Global Waste-to-Energy Market Restraining Factors

High Initial Costs and Less Investments

The cost of waste-to-energy production facilities is a primary issue throughout building and development. The installation and upkeep of infrastructure needed to produce electricity by burning garbage are significant obstacles limiting the market's expansion. Despite the cheap cost of fuel, the total cost is significantly increased by maintenance costs because this is a novel technology.

Governments are not inclined to invest significant resources because the initial expenses for building waste-to-energy facilities are substantially greater than those for any other traditional source of electricity, a crucial factor projected to impede the market's growth. Additionally, it is anticipated that a lack of manufacturers and an increase in the introduction of newer, less expensive solar and hydroelectricity technologies will limit the market growth.
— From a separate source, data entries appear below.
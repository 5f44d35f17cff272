// The bytes of buffer views.
ghost use Rattle.std.specs.Prelude.{◌≡◌, ℕ, List, Option, Some, IsSome, is_some};
ghost use Rattle.gp_asset.specs.Contents.{part, buffer_at, stream_at, packed_at, plain_views, bytes_at};

use crate::asset::Asset;
use crate::buffers::BufferBytes;

/// The bytes of some of the views of an asset.
pub trait ViewBytes {
    /// Those of each view that it has.
    ghost views: { Self → List (Option (List ℕ)) };

    /// Whether it has view `at`.
    fn has(&self, at: usize) -> bool
        ensures { result ≡ is_some (bytes_at (views self.now) at) };

    /// The bytes of view `at`, which it has.
    fn view(&self, at: usize) -> &[u8]
        requires { IsSome (bytes_at (views self.now) at) }
        ensures { bytes_at (views self.now) at ≡ Some result.now };
}

/// An asset has exactly its views without a compressed form.
impl<'a> ViewBytes for Asset<'a> {
    ghost views = { plain_views };

    fn has(&self, at: usize) -> bool {
        match self.views.get(at) {
            Some(view) => view.packed.is_none(),
            None => false,
        }
    }

    fn view(&self, at: usize) -> &[u8] {
        let view = self.views[at];
        part(self.buffer(view.buffer), view.offset, view.length)
    }
}

impl<'a> Asset<'a> {
    /// The stream of view `at`, which has a compressed form.
    pub fn packed_bytes(&self, at: usize) -> &[u8]
        requires { IsSome (packed_at self.now at) }
        ensures { stream_at self.now at ≡ Some result.now }
    {
        match self.views[at].packed {
            Some(packed) => part(self.buffer(packed.buffer), packed.offset, packed.length),
            None => &[],
        }
    }

    // The bytes of a buffer; none where they aren't needed.
    fn buffer(&self, at: u32) -> &[u8]
        ensures { result.now ≡ buffer_at self.now.buffers at }
    {
        match self.buffers.get(at as usize) {
            Some(bytes) => bytes.as_slice(),
            None => &[],
        }
    }
}

// So many bytes from an offset on; where there are fewer, those that are there.
fn part(bytes: &[u8], offset: u32, length: u32) -> &[u8]
    ensures { result.now ≡ part bytes.now offset length }
{
    let start = bytes.len().min(offset as usize);
    let end = bytes.len().min(offset as usize + length as usize);
    &bytes[start..end]
}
Global Waste-to-Energy Market Opportunities

Upsurge in Energy Demand from the Asia-Pacific and Latin America Regions

The market for waste-to-energy is significantly impacted by the rise in worries about how to use the massive volumes of waste produced in various places. A surge in trash generation and government attempts to support appropriate waste utilization in these regions has led to high growth rates in Asia-Pacific and LAMEA nations, including China, India, Brazil, KSA, and others. Due to Japan's high level of technology penetration, the waste-to-energy sector is also at its mature stage. The importance of sustainable development, the necessity to minimize greenhouse gas emissions, and the requirement for proportionally higher consumption of renewable resources have all become understood by the people of many nations in Asia-Pacific and LAMEA. The rise in industrialization, urbanization, and GDP in these regions are among the other factors contributing to the market's expansion.

Segmental Analysis

The global waste-to-energy market is segmented by technology.

Based on technology, the global waste-to-energy market is bifurcated into thermal, biochemical, and others.
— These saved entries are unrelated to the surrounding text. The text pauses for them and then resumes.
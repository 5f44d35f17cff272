// The bytes of buffers (glTF 2.0, sections 3.6.1 and 5.10).
ghost use Rattle.std.specs.Prelude.{◌≡◌, not, map, option_map};
ghost use Rattle.std.specs.List.{list_all};
ghost use Rattle.gp_tree.specs.Key.{units};
ghost use Rattle.gp_tree.specs.Plain.{plain, plain_member};
ghost use Rattle.gp_tree.specs.Find.{object_members};
ghost use Rattle.gp_tree.specs.Values.{ascii_of};
ghost use Rattle.gp_fields.specs.Fields.{key_of};
ghost use Rattle.gp_rules.specs.declared.fault.AssetFault.TheVariants.{Buffer};
ghost use Rattle.gp_rules.specs.Checks.{each, unless, Answers};
ghost use Rattle.gp_asset.specs.Buffers.{is_marker, stored_bytes, bytes_if, bytes_of_uri, buffer_of};
ghost use Rattle.gp_asset.specs.Stored.{bytes_in, shown, present};

use crate::needed::needed_buffers;
use gp_fields::{BufferFields, ViewFields};
use gp_glb::{UriFault, data_uri};
use gp_rules::{AssetFault, AssetRefusal};
use gp_tree::{Lexeme, Member, Tree, key_is};
use std::alloc::Global;

// The bytes of a buffer, where they are needed: the BIN chunk or a decoded data URI.
#[derive(Drop)]
pub(crate) enum BufferBytes<'a> {
    Unneeded,
    Chunk(&'a [u8]),
    Decoded(Vec<u8>),
}

impl<'a> BufferBytes<'a> {
    /// The bytes; none where they aren't needed.
    pub(crate) fn as_slice(&self) -> &[u8]
        ensures { result.now ≡ shown self.now }
    {
        match self {
            BufferBytes::Unneeded => &[],
            BufferBytes::Chunk(bytes) => bytes,
            BufferBytes::Decoded(bytes) => bytes.as_slice(),
        }
    }
}

/// The bytes of the buffers of an asset, or the first fault of one.
pub(crate) fn read_buffers<'a>(
    alloc: Global,
    buffers: &[BufferFields<'_>],
    views: &[ViewFields<'_>],
    bin: Option<&'a [u8]>,
) -> Result<Vec<BufferBytes<'a>>, AssetRefusal>
    ensures { Answers (each (buffer_of views.now (option_map (λ b. b.now) bin.entry)) 0 buffers.now) (λ v. map bytes_in v.items) result }
{
    let Ok(needed) = needed_buffers(alloc, views, buffers.len()) else {
        return Err(AssetRefusal::Memory);
    };
    let mut read = Vec::new(alloc);
    'buffers: for at in 0..buffers.len() {
        let bytes = read_buffer(alloc, &buffers[at], at, needed[at], bin)?;
        if read.push(bytes).is_err() {
            return Err(AssetRefusal::Memory);
        }
    }
    Ok(read)
}

// The bytes of buffer `at` where they are needed.
fn read_buffer<'a>(
    alloc: Global,
    buffer: &BufferFields<'_>,
    at: usize,
    needed: bool,
    bin: Option<&'a [u8]>,
) -> Result<BufferBytes<'a>, AssetRefusal>
    ensures { Answers (unless (not (list_all is_marker buffer.now.extensions)) (Buffer at) (bytes_if needed (option_map (λ b. b.now) bin.entry) at buffer.now)) bytes_in result }
{
    if has_other_extension(buffer) {
        return Err(AssetRefusal::Fault(AssetFault::Buffer { at }));
    }
    if !needed {
        return Ok(BufferBytes::Unneeded);
    }
    let bytes = stored_bytes(alloc, buffer.uri, at, bin)?;
    if bytes.as_slice().len() < buffer.length as usize {
        return Err(AssetRefusal::Fault(AssetFault::Buffer { at }));
    }
    Ok(bytes)
}

// Whether a buffer has an extension other than EXT_meshopt_compression, which marks a fallback buffer.
fn has_other_extension(buffer: &BufferFields<'_>) -> bool
    ensures { result ≡ not (list_all is_marker buffer.now.extensions) }
{
    match buffer.extensions {
        None => false,
        Some(extensions) => !has_only_markers(extensions),
    }
}

// Whether each extension in this object is EXT_meshopt_compression.
fn has_only_markers(extensions: &Tree) -> bool
    ensures { result ≡ list_all is_marker (map key_of (object_members (plain extensions.now))) }
{
    match extensions {
        Tree::Members(members) => are_markers(members.as_slice()),
        _ => true,
    }
}

// Whether each member is named EXT_meshopt_compression.
fn are_markers(members: &[Member]) -> bool
    ensures { result ≡ list_all (λ m. is_marker (key_of (plain_member m))) members.now }
{
    members.iter().all(|member| is_marker(member))
}

// Whether a member is named EXT_meshopt_compression.
fn is_marker(member: &Member) -> bool
    ensures { result ≡ is_marker (key_of (plain_member member.now)) }
{
    key_is(&member.key, "EXT_meshopt_compression")
}

// Those of the `uri` where there is one, else of the BIN chunk for buffer 0.
fn stored_bytes<'a>(
    alloc: Global,
    uri: Option<&Lexeme>,
    at: usize,
    bin: Option<&'a [u8]>,
) -> Result<BufferBytes<'a>, AssetRefusal>
    ensures { Answers (present (stored_bytes (option_map (λ b. b.now) bin.entry) at (option_map (λ s. s.now) uri.entry))) bytes_in result }
{
    match (uri, bin) {
        (Some(uri), _) => Ok(BufferBytes::Decoded(bytes_of_uri(alloc, uri, at)?)),
        (None, Some(bytes)) if at == 0 => Ok(BufferBytes::Chunk(bytes)),
        (None, _) => Err(AssetRefusal::Fault(AssetFault::Buffer { at })),
    }
}

// The bytes of a data URI.
fn bytes_of_uri(alloc: Global, uri: &Lexeme, at: usize) -> Result<Vec<u8>, AssetRefusal>
    ensures { Answers (bytes_of_uri at (ascii_of (units uri.now))) (λ v. v.items) result }
{
    let Some(text) = uri.ascii(alloc).map_err(|_| AssetRefusal::Memory)? else {
        return Err(AssetRefusal::Fault(AssetFault::Scheme { at }));
    };
    match data_uri(alloc, &text) {
        Ok(bytes) => Ok(bytes),
        Err(UriFault::Scheme) => Err(AssetRefusal::Fault(AssetFault::Scheme { at })),
        Err(UriFault::Base64) => Err(AssetRefusal::Fault(AssetFault::Base64 { at })),
        Err(UriFault::Memory) => Err(AssetRefusal::Memory),
    }
}
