// Which extensions an asset uses (glTF 2.0, section 3.12).
ghost use Rattle.std.specs.Prelude.{◌≡◌, ◌++◌, ◌&&◌, codes, map, option_map, Some, IfOk, OnOk};
ghost use Rattle.gp_tree.specs.Plain.{plain, plain_items, list};
ghost use Rattle.gp_tree.specs.Find.{is_named};
ghost use Rattle.gp_fields.specs.Shapes.{a_text};
ghost use Rattle.gp_rules.specs.Checks.{passed};
ghost use Rattle.gp_asset.specs.Extensions.{texts_in, listed, extensions_in_use, is_among, is_one_of, general_extensions, material_extensions, is_on_closed_list, are_closed, is_plain, supported};

use crate::purpose::Form;
use gp_fields::as_text;
use gp_host::NoMemory;
use gp_rules::AssetFault;
use gp_tree::{Lexeme, Tree, key_is};
use std::alloc::{AllocError, Global};

/// The names of the extensions in use, as they are spelled: the items of both lists of the root, then the keys of each
/// object that is the value of a member named `extensions`, at any place of the JSON.
#[tactic(auto, unfolding(crate::specs::Extensions::extensions_in_use))]
pub(crate) fn extensions_in_use<'a>(
    alloc: Global,
    root: &'a Tree,
) -> Result<Vec<&'a Lexeme>, NoMemory>
    ensures { IfOk result (λ v. map (λ s. s.now) v.items ≡ extensions_in_use (plain root.now)) }
{
    let mut names = Vec::new(alloc);
    push_listed(&mut names, root, "extensionsUsed")?;
    push_listed(&mut names, root, "extensionsRequired")?;
    let mut keys = root.keys_under(alloc, "extensions")?;
    names.append(&mut keys)?;
    Ok(names)
}

// The texts of a member of the root that is a list.
fn push_listed<'a>(
    names: &mut Vec<&'a Lexeme>,
    root: &'a Tree,
    member: &str,
) -> Result<(), AllocError>
    ensures { OnOk result (map (λ s. s.now) names.new.items ≡ map (λ s. s.now) names.old.items ++ listed member.now (plain root.now)) }
{
    match root.find(member) {
        Some(Tree::List(items)) => push_texts(names, items.as_slice()),
        _ => Ok(()),
    }
}

fn push_texts<'a>(names: &mut Vec<&'a Lexeme>, items: &'a [Tree]) -> Result<(), AllocError>
    ensures { OnOk result (map (λ s. s.now) names.new.items ≡ map (λ s. s.now) names.old.items ++ texts_in (Some (list (plain_items items.now)))) }
{
    'items: for at in 0..items.len() {
        if let Some(name) = as_text(&items[at]) {
            names.push(name)?;
        }
    }
    Ok(())
}

// Whether a spelled name is this one.
fn is_named(spelling: &Lexeme, name: &str) -> bool
    ensures { result ≡ is_named name.now spelling.now }
{
    key_is(spelling, name)
}

/// Whether these extensions may be in use: in form Plain not EXT_meshopt_compression, and never
/// KHR_meshopt_compression.
#[tactic(auto, unfolding(crate::specs::Extensions::supported))]
pub(crate) fn check_extensions(form: Form, names: &[&Lexeme]) -> Result<(), AssetFault>
    ensures { supported form (map (λ s. s.now) names.now) ≡ passed (map (λ s. s.now) names.now) result }
{
    if is_packed_again(form, names) {
        return Err(AssetFault::AlreadyPacked);
    }
    if is_among(names, "KHR_meshopt_compression") {
        return Err(AssetFault::Foreign);
    }
    Ok(())
}

// Whether what is to be packed is packed already.
fn is_packed_again(form: Form, names: &[&Lexeme]) -> bool
    ensures { result ≡ (is_plain form && is_among (codes "EXT_meshopt_compression") (map (λ s. s.now) names.now)) }
{
    match form {
        Form::Plain => is_among(names, "EXT_meshopt_compression"),
        Form::Any => false,
    }
}

// Whether one of the names is this one.
fn is_among(names: &[&Lexeme], name: &str) -> bool
    ensures { result ≡ is_among name.now (map (λ s. s.now) names.now) }
{
    'names: for at in 0..names.len() {
        if is_named(names[at], name) {
            return true;
        }
    }
    false
}

/// Whether each of the names is on the closed list.
pub(crate) fn are_closed(names: &[&Lexeme]) -> bool
    ensures { result ≡ are_closed (map (λ s. s.now) names.now) }
{
    'names: for at in 0..names.len() {
        if !is_on_closed_list(names[at]) {
            return false;
        }
    }
    true
}

// Whether this is an extension by which a vertex is no more than what its accessors say.
fn is_on_closed_list(name: &Lexeme) -> bool
    ensures { result ≡ is_on_closed_list name.now }
{
    is_general_extension(name) || is_material_extension(name)
}

fn is_general_extension(name: &Lexeme) -> bool
    ensures { result ≡ is_one_of general_extensions name.now }
{
    is_named(name, "EXT_meshopt_compression")
        || is_named(name, "EXT_texture_webp")
        || is_named(name, "KHR_lights_punctual")
        || is_named(name, "KHR_mesh_quantization")
        || is_named(name, "KHR_texture_basisu")
        || is_named(name, "KHR_texture_transform")
}

fn is_material_extension(name: &Lexeme) -> bool
    ensures { result ≡ is_one_of material_extensions name.now }
{
    is_named(name, "KHR_materials_anisotropy")
        || is_named(name, "KHR_materials_clearcoat")
        || is_named(name, "KHR_materials_dispersion")
        || is_named(name, "KHR_materials_emissive_strength")
        || is_named(name, "KHR_materials_ior")
        || is_named(name, "KHR_materials_iridescence")
        || is_named(name, "KHR_materials_pbrSpecularGlossiness")
        || is_named(name, "KHR_materials_sheen")
        || is_named(name, "KHR_materials_specular")
        || is_named(name, "KHR_materials_transmission")
        || is_named(name, "KHR_materials_unlit")
        || is_named(name, "KHR_materials_variants")
        || is_named(name, "KHR_materials_volume")
}
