// Why a file is refused.
ghost use Rattle.std.specs.Prelude.{◌≡◌};

use gp_glb::GlbFault;
use gp_groups::StreamFault;
use gp_host::NoMemory;
use gp_json::{JsonFault, JsonRefusal};
use gp_rules::{AssetFault, AssetRefusal};
use thiserror::Error;

/// The first fault of a file, in the order in which faults are looked for, or want of memory.
#[derive(Clone, Copy, Debug, PartialEq, Eq, Error)]
pub enum Refusal {
    /// The container has a fault.
    #[error("no container")]
    Glb(GlbFault),
    /// The JSON has a fault.
    #[error("no JSON")]
    Json(JsonFault),
    /// The asset has a fault.
    #[error("no asset")]
    Asset(AssetFault),
    /// The stream of buffer view `view` has a fault; the views before it have none.
    #[error("no stream")]
    Stream { view: usize, fault: StreamFault },
    /// The output would have 2^32 bytes or more.
    #[error("the output is too large")]
    OutputTooLarge,
    #[error("want of memory")]
    Memory,
}

impl From<GlbFault> for Refusal {
    ghost use Rattle.gp_asset.specs.declared.refusal.Refusal.TheVariants.{Glb};

    ghost from_gives = { λ fault refusal. refusal ≡ Glb fault };

    fn from(fault: GlbFault) -> Self {
        Refusal::Glb(fault)
    }
}

impl From<JsonRefusal> for Refusal {
    ghost use Rattle.gp_asset.specs.Refusals.{json_refusal};

    ghost from_gives = { λ json refusal. refusal ≡ json_refusal json };

    fn from(json: JsonRefusal) -> Self {
        match json {
            JsonRefusal::Fault(fault) => Refusal::Json(fault),
            JsonRefusal::Memory => Refusal::Memory,
        }
    }
}

impl From<AssetRefusal> for Refusal {
    ghost use Rattle.gp_asset.specs.Refusals.{asset_refusal};

    ghost from_gives = { λ asset refusal. refusal ≡ asset_refusal asset };

    fn from(asset: AssetRefusal) -> Self {
        match asset {
            AssetRefusal::Fault(fault) => Refusal::Asset(fault),
            AssetRefusal::Memory => Refusal::Memory,
        }
    }
}

impl From<NoMemory> for Refusal {
    ghost use Rattle.gp_asset.specs.declared.refusal.Refusal.TheVariants.{Memory};

    ghost from_gives = { λ _ refusal. refusal ≡ Memory };

    fn from(_: NoMemory) -> Self {
        Refusal::Memory
    }
}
The thermal segment owns the highest market share and is expected to grow at a CAGR of 4.3% during the forecast period. The thermal method uses high-temperature recycling of MSW energy. The term "thermal technology" refers to various techniques, including pyrolysis, gasification, and combustion or incineration. The main differences between these technologies are the amount of oxygen and temperature involved throughout the process that results in the conversion to ultimate products, CO2 and water, or intermediate usable compounds. MSW dry matter is a suitable waste to use as feedstock in this procedure. Additionally, the lack of landfills is anticipated to fuel the market's expansion for waste-to-energy during the expected time frame. There is a surge in the need for thermal gasification in the energy production of waste materials due to the increased demand for clean energy globally.
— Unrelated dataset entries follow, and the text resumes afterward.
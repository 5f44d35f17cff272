//! Assets of glTF 2.0: buffers, buffer views, accessors, primitives, and who uses what.
//!
//! [`read_asset`] gives the asset that a JSON tree and a BIN chunk stand for, or its first fault. `specs/Asset.antt` says
//! what that asset is: the fields first, then the extensions in use, the bytes of buffers, buffer views, accessors, and
//! what they ask for together. An [`Asset`] borrows the BIN chunk and owns what data URIs hold.
//!
//! - `purpose`: what an asset is read for. - `refusal`: why a file is refused.
//! - `geometry`, `usage`: what an asset is made of, beside the buffer views and accessors of `gp_rules`.
//! - `extensions`; `buffers`, `needed`; `primitives`, `uses`: one step of reading each, and `reading` all of them, with
//!   those of `gp_rules`.
//! - `asset`, `contents`: the asset and the bytes of its views. - `numbers`: places as numbers.
#![tactic(auto)]

mod asset;
mod buffers;
mod contents;
mod extensions;
mod geometry;
mod needed;
mod numbers;
mod primitives;
mod purpose;
mod reading;
mod refusal;
#[cfg(test)]
mod tests;
mod usage;
mod uses;

pub use asset::Asset;
pub use contents::ViewBytes;
pub use geometry::Primitive;
pub use gp_fields::{Entries, Entry, Place, Targets};
pub use purpose::Form;
pub use reading::read_asset;
pub use refusal::Refusal;
pub use usage::{AccessorUse, Role};
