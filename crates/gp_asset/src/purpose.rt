// What an asset is read for.

/// What an asset is read for.
#[derive(Clone, Copy, Debug, PartialEq, Eq)]
pub enum Form {
    /// For packing: EXT_meshopt_compression may not be in use yet.
    Plain,
    /// For all else.
    Any,
}
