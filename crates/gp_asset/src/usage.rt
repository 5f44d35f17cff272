// Who uses an accessor.

/// What an accessor is used for.
#[derive(Clone, Copy, Debug, PartialEq, Eq)]
pub enum Role {
    /// An attribute of a primitive (glTF 2.0, section 3.7.2.1).
    Attribute,
    /// An attribute of a morph target of a primitive (section 3.7.2.2).
    Target,
    /// The indices of a primitive (section 5.24).
    Indices,
    /// The inverse bind matrices of a skin (section 5.28).
    InverseBind,
    /// The input of an animation sampler (section 5.8).
    SamplerInput,
    /// The output of an animation sampler (section 5.8).
    SamplerOutput,
}

/// One use of an accessor.
#[derive(Clone, Copy, Debug, PartialEq, Eq)]
pub struct AccessorUse {
    /// The number of the accessor.
    pub accessor: u32,
    /// What it is used for.
    pub role: Role,
    /// Of an attribute, a target and indices the place of the primitive among those of all meshes, else the number of
    /// the skin or the animation.
    pub owner: u32,
}
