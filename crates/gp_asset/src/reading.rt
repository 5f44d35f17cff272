// Reading an asset.
ghost use Rattle.std.specs.Prelude.{Ok, map, option_map};
ghost use Rattle.gp_tree.specs.Plain.{plain};
ghost use Rattle.gp_fields.specs.Record.{asset_fields};
ghost use Rattle.gp_rules.specs.Checks.{Answers};
ghost use Rattle.gp_asset.specs.Extensions.{extensions_in_use, supported};
ghost use Rattle.gp_asset.specs.Asset.{asset, by_rules, in_shape, parts};

use crate::asset::Asset;
use crate::buffers::{BufferBytes, read_buffers};
use crate::extensions::{are_closed, check_extensions, extensions_in_use};
use crate::primitives::read_primitives;
use crate::purpose::Form;
use crate::uses::read_uses;
use gp_fields::{AccessorFields, AssetFields, BufferFields, FieldRefusal, ViewFields, read_fields};
use gp_rules::{Accessor, AssetFault, AssetRefusal, View, is_too_much, read_accessors, read_views};
use gp_tree::{Lexeme, Tree};
use std::alloc::Global;
use std::marker::Model;

/// Reads the asset that a JSON tree and a BIN chunk stand for, or its first fault: fields of another shape first, then
/// the extensions in use, buffers, buffer views, accessors, and last what they ask for together.
pub fn read_asset<'a>(
    alloc: Global,
    tree: &Tree,
    bin: Option<&'a [u8]>,
    form: Form,
) -> Result<Asset<'a>, AssetRefusal>
    ensures { Answers (asset form (plain tree.now) (option_map (λ b. b.now) bin.entry)) (λ a. a) result }
{
    let fields = match fields_of(alloc, tree) {
        Ok(fields) => fields,
        Err(refusal) => return Err(refusal),
    };
    let names = match supported_extensions(alloc, tree, form) {
        Ok(names) => names,
        Err(refusal) => return Err(refusal),
    };
    let ruled = match fields_by_rules(alloc, &fields, bin) {
        Ok(ruled) => ruled,
        Err(refusal) => return Err(refusal),
    };
    gather(alloc, fields, &names, ruled)
}

// The fields, with their fault as one of an asset.
fn fields_of<'t>(alloc: Global, tree: &'t Tree) -> Result<AssetFields<'t>, AssetRefusal>
    ensures { Answers (in_shape (asset_fields (plain tree.now))) (λ a. a) result }
{
    match read_fields(alloc, tree) {
        Ok(fields) => Ok(fields),
        Err(FieldRefusal::Fault(fault)) => Err(AssetRefusal::Fault(AssetFault::Field {
            member: fault.member,
            at: fault.at,
        })),
        Err(FieldRefusal::Memory) => Err(AssetRefusal::Memory),
    }
}

// The extensions in use, where all of them may be.
fn supported_extensions<'t>(
    alloc: Global,
    tree: &'t Tree,
    form: Form,
) -> Result<Vec<&'t Lexeme>, AssetRefusal>
    ensures { Answers (supported form (extensions_in_use (plain tree.now))) (λ v. map (λ s. s.now) v.items) result }
{
    let Ok(names) = extensions_in_use(alloc, tree) else {
        return Err(AssetRefusal::Memory);
    };
    match check_extensions(form, &names) {
        Ok(()) => Ok(names),
        Err(fault) => Err(AssetRefusal::Fault(fault)),
    }
}

// The bytes of the buffers, the views and the accessors, which break no rule.
#[derive(Drop)]
struct Ruled<'a> {
    buffers: Vec<BufferBytes<'a>>,
    views: Vec<View>,
    accessors: Vec<Accessor>,
}

impl<'a> Model for Ruled<'a> {
    ghost use Rattle.std.specs.Prelude.{map};
    ghost use Rattle.gp_asset.specs.Stored.{bytes_in};
    ghost use Rattle.gp_asset.specs.Asset.{RuledParts};

    ghost Value = { RuledParts };

    ghost view = { λ r. record { buffers = map bytes_in r.buffers.items; views = r.views.items; accessors = r.accessors.items } };
}

fn fields_by_rules<'a>(
    alloc: Global,
    fields: &AssetFields<'_>,
    bin: Option<&'a [u8]>,
) -> Result<Ruled<'a>, AssetRefusal>
    ensures { Answers (by_rules fields.now.buffers fields.now.views fields.now.accessors (option_map (λ b. b.now) bin.entry)) (λ a. a) result }
{
    read_by_rules(
        alloc,
        &fields.buffers,
        &fields.views,
        &fields.accessors,
        bin,
    )
}

fn read_by_rules<'a>(
    alloc: Global,
    buffer_fields: &[BufferFields<'_>],
    view_fields: &[ViewFields<'_>],
    accessor_fields: &[AccessorFields<'_>],
    bin: Option<&'a [u8]>,
) -> Result<Ruled<'a>, AssetRefusal>
    ensures { Answers (by_rules buffer_fields.now view_fields.now accessor_fields.now (option_map (λ b. b.now) bin.entry)) (λ a. a) result }
{
    let buffers = match read_buffers(alloc, buffer_fields, view_fields, bin) {
        Ok(buffers) => buffers,
        Err(refusal) => return Err(refusal),
    };
    let views = match read_views(alloc, view_fields, buffer_fields) {
        Ok(views) => views,
        Err(refusal) => return Err(refusal),
    };
    let accessors = match read_accessors(alloc, accessor_fields, &views) {
        Ok(accessors) => accessors,
        Err(refusal) => return Err(refusal),
    };
    if is_too_much(&views, &accessors) {
        return Err(AssetRefusal::Fault(AssetFault::TooMuchData));
    }
    Ok(Ruled {
        buffers,
        views,
        accessors,
    })
}

// The asset, with its primitives and the uses of accessors.
fn gather<'a>(
    alloc: Global,
    fields: AssetFields<'_>,
    names: &[&Lexeme],
    ruled: Ruled<'a>,
) -> Result<Asset<'a>, AssetRefusal>
    ensures { Answers (Ok (parts fields.entry (map (λ s. s.now) names.now) ruled.entry)) (λ a. a) result }
{
    let AssetFields {
        meshes,
        skins,
        animations,
        images,
        ..
    } = fields;
    let Ok(primitives) = read_primitives(alloc, meshes) else {
        return Err(AssetRefusal::Memory);
    };
    let Ok(uses) = read_uses(alloc, &primitives, &skins, &animations) else {
        return Err(AssetRefusal::Memory);
    };
    let Ruled {
        buffers,
        views,
        accessors,
    } = ruled;
    Ok(Asset {
        buffers,
        views,
        accessors,
        primitives,
        uses,
        images,
        closed: are_closed(names),
    })
}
Incineration is the most popular method for converting waste to energy. The organic elements in the trash are burned during this waste treatment procedure. This process can lower the total volume of the original garbage by between 95 and 96%, depending on the type of waste and the extent to which it is recycled (for example, the amount of metals extracted from ash to be recycled). Incinerators, which can be moving grates, rotating kilns, fluidized beds, and others, are utilized to burn waste materials, producing ash, flue gas, and heat. There has been a rise in the need for thermal incineration equipment due to the fact that incinerators can process both synthetic and organic waste. Consequently, the market for converting trash into energy grows in the surrounding areas.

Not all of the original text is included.